I have spent much of the past two months developing all the utilities I needed to write BTC software in Python. As I quickly found out, python is dirt slow, and so in order to process the blockchain I made a super-optimized C++ layer which is pulled into Python through SWIG. The end result has been fantastic! And here I release it into the wild under the GNU Affero General Public License:
PyBtcEngine on Github by etotheipiTo be clear:
This is a computational back-end that could be used as a base for Python-based BTC software. It does not include any networking code at all. I have done my best to make this code "usable," meaning well-formatted code and lots of comments. Unfortunately, Bitcoin is f***ing complicated, and so there's only so much one can do to make the code easier to comprehend in this situation. Also, I'm not a software engineer: I'm a mathematician with an engineering background and generally write
algorithms to go into software, not the software itself. I'm sure many people will disagree with some of my software design (such as some obvious places I should've used inheritance but chose not to for the sake of simplicity). Oh well. It's OSS now, so clone it and refactor it all you want.
Library Details:Be aware that the current implementation holds everything in memory, and so it takes up about 1.2 GB of RAM right now. I plan to improve this in the future, but my computer has 8GB so I'm not in any hurry to make it more lightweight. On the other hand, because of this (and my painstakingly careful memory management), it is ridiculously fast. Here's the timings, measured on a single thread of an AMD Phenom X4 840 CPU with 8GB of 1333 MHz DDR3.
- Read blockchain into RAM: 5s
- Scan blockchain, collect headers/txs: 10s
- Organize and find longest chain: 0.5s
- Verify blkfile integrity (merkle roots and leading zeros on header hashes): 2.5s
- Get balances/ledger for a set of addresses/wallets, from scratch: 5s
Yes, you can use this tool to scan your entire blockchain file, verify there's no errors in it, find the longest chain and find all transactions for a given address(s) in under 30s! Yes, all 600 MB of blockchain. One of the reasons it's so fast is because I copy all data once into a bulk, 600MB chunk of RAM, and then everything else is pointers to locations in this chunk, and frequently pointers to these pointers. It may be complicated, but no one can say it isn't fast!
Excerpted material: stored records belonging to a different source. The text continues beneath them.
//! Sessions with presets, run beside the same sessions with each preset written out in the lines that it stands for.
//!
//! In each drawn session every third line is a preset, over few names and disks, so that any of its lines may be refused. Which lines
//! a preset stands for is found here by plain code of its own (`preset`), from the replies to the lines that are written out so far.
//! Both sessions are run over disks of both kinds, and their traces must be the same, byte by byte. A line is printed for each session
//! that says how its presets ended, and one that says what came of it.
//!
//! In reading order: `preset` (a preset and its lines), `drawn` (a session is drawn), `traced` (a session is run), `ends` (how presets
//! end), `written` (presets are written out), and this file.

mod drawn;
mod ends;
mod preset;
mod traced;
mod written;

use crate::presets::drawn::{drawn_session, text_of};
use crate::presets::ends::Ends;
use crate::presets::traced::run_traced;
use crate::presets::written::written_out;
use crate::running::Outcome;
use fc_top::status::Status;
use std::alloc::Global;
use std::io;
use std::sync::Wait;
use std::thread::Threads;

/// The numbers of the sessions.
const SESSIONS: u64 = 3;

/// The number of the first line in which two texts differ, from 1. None where they are the same.
fn first_difference(one: &[u8], other: &[u8]) -> Option<usize> {
    let mut line = 1usize;
    for place in 0..one.len().min(other.len()) {
        if one[place] != other[place] {
            return Some(line);
        }
        if one[place] == b'\n' {
            line = line.saturating_add(1);
        }
    }
    if one.len() == other.len() {
        None
    } else {
        Some(line)
    }
}

/// Prints how the presets of a session ended.
fn print_ends<R: Print>(rt: &R, number: u64, ends: Ends) -> io::Result<()> {
    println!(rt;
        "session {number}: {} presets are whole, {} have no source, {} no volume, {} no mapping, {} no start",
        ends.whole, ends.no_source, ends.no_volume, ends.no_mapping, ends.no_start
    )
}

/// Prints whether a session answers what its lines written out answer.
fn print_compared<R: Print>(rt: &R, asked: &Outcome, expected: &Outcome) -> io::Result<()> {
    if asked.status != Status::Done || expected.status != Status::Done {
        return println!(rt; "it isn't done");
    }
    match first_difference(asked.written.as_slice(), expected.written.as_slice()) {
        Some(line) => println!(rt;
            "its trace differs from that of its lines written out, in line {line}"
        ),
        None => println!(rt;
            "its {} entries are those of its lines written out",
            asked.history.len()
        ),
    }
}

/// Runs the session of a number, and the same with its presets written out, and prints what came of it.
fn run_session<R: Threads + Wait + Sync + Print>(
    rt: &R,
    alloc: Global,
    number: u64,
) -> io::Result<()> {
    let lines = drawn_session(alloc, number)?;
    let written = written_out(rt, alloc, lines.as_slice())?;
    print_ends(rt, number, written.ends())?;
    let text = text_of(alloc, lines.as_slice())?;
    let asked = run_traced(rt, alloc, text.as_str())?;
    let expected = run_traced(rt, alloc, written.text())?;
    print_compared(rt, &asked, &expected)
}

/// Runs the sessions, and prints what came of them.
pub fn run_presets<R: Threads + Wait + Sync + Print>(rt: &R, alloc: Global) -> io::Result<()> {
    for number in 1..SESSIONS + 1 {
        run_session(rt, alloc, number)?;
    }
    Ok(())
}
There is some complexity in the fact that the C++ code does not have any bignum or ECDSA capabilities, but the python library doesn't have any of it's utilities for scanning/maintaining the blockchain. So, the libraries must be combined to get a full backend, but I have a ton example/unit-testing code which should highlight how it is used. In particular, three files contains examples of nearly every available method:
- (C++) BlockUtilsTest.cpp
- (Python) unittest.py
- (Together) testswig.py
Below, I have copied the "STATUS" section of the README which shows the current capabilities
* STATUS: Last Updated - 01 Oct, 2011
* Legend:
* _ not implemented
* . implemented but not tested
* + implemented and partially tested
* X implemented and tested
*
* C++ Python
* -----------------------------------------------------------------
* (01) Ser/Unser Block Objects X X
* (02) Hash160/Hash256 X X
* (03) Difficulty calcs X X
* (04) Address Generation X
* (05) Address Verify/Manip X
* -----------------------------------------------------------------
* (06) BlkHeaders read/scan/org X X
* (07) BlkHeaders reorgs X
* (08) Blockchain read/scan/org X
* (09) Blockchain reorgs +
* (10) Blockchain verify integrity X
* -----------------------------------------------------------------
* (11) NonStd Tx Detection + +
* (12) Script pprint X X
* (13) Script evaluation +
* (14) Script OP_CHECKSIG X
* (15) ECDSA Sign/Verify X
* -----------------------------------------------------------------
* (16) Address/Wallet tracking X X
* (17) Scan blkchain for Tx X
* (18) Scan blkchain for NonStd X
* (19) Reorg w/ double-spend .
* (20) Add new blockdata real-time .
* -----------------------------------------------------------------
* (21) Networking/Sockets
* (22) Blockchain download
* (23) Tx construction
* (24) Tx broadcast
* (25) Tx fee detect/calc/handle
As a whole, PyBtcEngine can perform all the ECDSA operations, evaluate
most scripts, detect non-std scripts, and should handle blockchain reorganizations gracefully upon adding blockdata (though, the reorg code hasn't been tested much). The last important thing for me to add before I start
using instead of just
developing it, is transaction construction and signing. All the pieces are there, I just need to write the code to collect available TxOuts from the C++ wallet, construct the tx packet, and apply the python ECDSA code to sign it.
License:I naively picked the GNU Affero General Public License (AGPL) for this project. I have never developed OSS before, and thus I'm a newbie to the world of OSS licenses. I picked the AGPL because it seems to be more appropriate to networking-related code, and contains copyleft -- all derivatives works of this library must also be OSS with copyleft. If you believe I don't fully understand the licensing I have selected, please let me know.